----- GIVEN RECORDS

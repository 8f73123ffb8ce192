//! What is known of the cells of two memories, in parts that copies share.

ghost use Rattle.std.specs.Prelude.{◌≡◌, ◌↔◌, IsTrue, true, [], map, Some, IfOk, OnOk, OnErr, IfSome, IfNone};
ghost use Rattle.std.specs.Option.{option_map};
ghost use Rattle.ep_cells.specs.Cells.{put_all};
ghost use Rattle.ep_cells.specs.Look.{cell_at, is_some_partly_in};
ghost use Rattle.ep_cells.specs.States.{Fits, IsOfSort, AreCells, CanWrite, HaveCellsAlike};
ghost use Rattle.ep_cells.specs.Write.{written};
ghost use Rattle.ep_cells.specs.Weaken.{weakened};
ghost use Rattle.ep_cells.specs.Both.{cells_of_both, joined, widened, are_within};
ghost use Rattle.ep_cells.specs.Kill.{AreLeavesIn, undefined_cell, killed_cells};
ghost use Rattle.ep_cells.specs.Reshare.{cell_from, places, reshared};
ghost use Rattle.ep_cell_ranges.specs.Narrow.{with_value};
ghost use Rattle.ep_cell_ranges.specs.Ranges.{overwritten, blurred_at};
ghost use Rattle.ep_cell_rows.specs.Parts.{united as of_union};
ghost use Rattle.ep_bicells.specs.Steps.{changed_by};
ghost use Rattle.ep_cell_parts.specs.About.{IsAbout};
ghost use Rattle.ep_cell_steps.specs.PartsInvariant.{AreKept};
ghost use Rattle.ep_shared_parts.specs.Spread.{all_items};
ghost use Rattle.ep_cell_parts.specs.Alike.{are_different};

use ep_bicells::cells;
use ep_bicells::changes::Step;
use ep_bitslice::Side;
use ep_cell_changes::check::{are_cells, in_order};
use ep_cell_parts::about::about;
use ep_cell_parts::conditions::can_write;
use ep_cell_parts::equals::{are_equal, is_model, is_order};
use ep_cell_parts::kills::killed;
use ep_cell_parts::places::{are_different, cell_from, places, places_alike};
use ep_cell_parts::unions::united;
use ep_cell_parts::values::set_value_at;
use ep_cell_rows::values::Union;
use ep_cell_steps::blurs::{blur_at, blurred};
use ep_cell_steps::building::{index, spread};
use ep_cell_steps::changes::{Parts, after, changed};
use ep_cell_steps::weak_writes::{weaken_at, weakened};
use ep_cell_steps::writes::{write_at, written};
use ep_cells::{ByteRange, Cell, Value};
use ep_domain::Num;
use ep_int::{Memory, Model, Order, Scalar};
use ep_layout::Leaf;
use ep_shared_parts::parts::shared;
use ep_shared_parts::walks::are_alike;
use std::alloc::Global;

/// What is known of the cells of two memories.
#[derive(Drop)]
pub struct State<N> {
    orders: (Order, Order),
    model: Model,
    parts: Parts<N>,
}

impl<N> std::marker::Model for State<N> {
    ghost use Rattle.ep_cells.specs.States.{Known};
    ghost use Rattle.ep_shared_parts.specs.Spread.{all_items};
    ghost use Rattle.ep_cell_steps.specs.PartsInvariant.{AreKept};

    ghost Value = { Known N };

    ghost view = { λ s. record { orders = s.orders; model = s.model; cells = all_items s.parts.cells.items } };

    ghost invariant = { λ s. AreKept s.model s.parts.cells.items s.parts.uses.items };
}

----------

- **ASSIGNMENT**: From the data above, copy out every line with the string "States" in it.

- **ANSWER SECTION**:
ghost use Rattle.ep_cells.specs.States.{Fits, IsOfSort, AreCells, CanWrite, HaveCellsAlike};
    ghost use Rattle.ep_cells.specs.States.{Known};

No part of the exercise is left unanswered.